>>>>>

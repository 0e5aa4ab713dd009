// What failed, told on standard error.
use std::io::{Error, Stderr, Write};

// The system's word in the text of an error: without the number that std writes after it, and without the zeros at the end.
fn word_of(text: &str) -> &str {
    match text.split_once(" (os error ") {
        Some((word, _)) => word,
        None => text.trim_end_matches('\0'),
    }
}

// A line: what failed, and the system's word for it. There is room for the longest, of 256 bytes, and its number.
pub(crate) fn fail(stderr: Stderr, what: &str, error: Error) {
    let mut text = [0u8; 320];
    let mut room = &mut text[..];
    let _ = write!(room, "{error}");
    let word = word_of(std::str::from_utf8(&text).unwrap_or(""));
    let _ = println!(stderr; "{what}: {word}");
}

<<<<<

• [What you have to do] Reply with nothing but the number of lines in the data above that contain "failed".

• [Result of the exercise] 2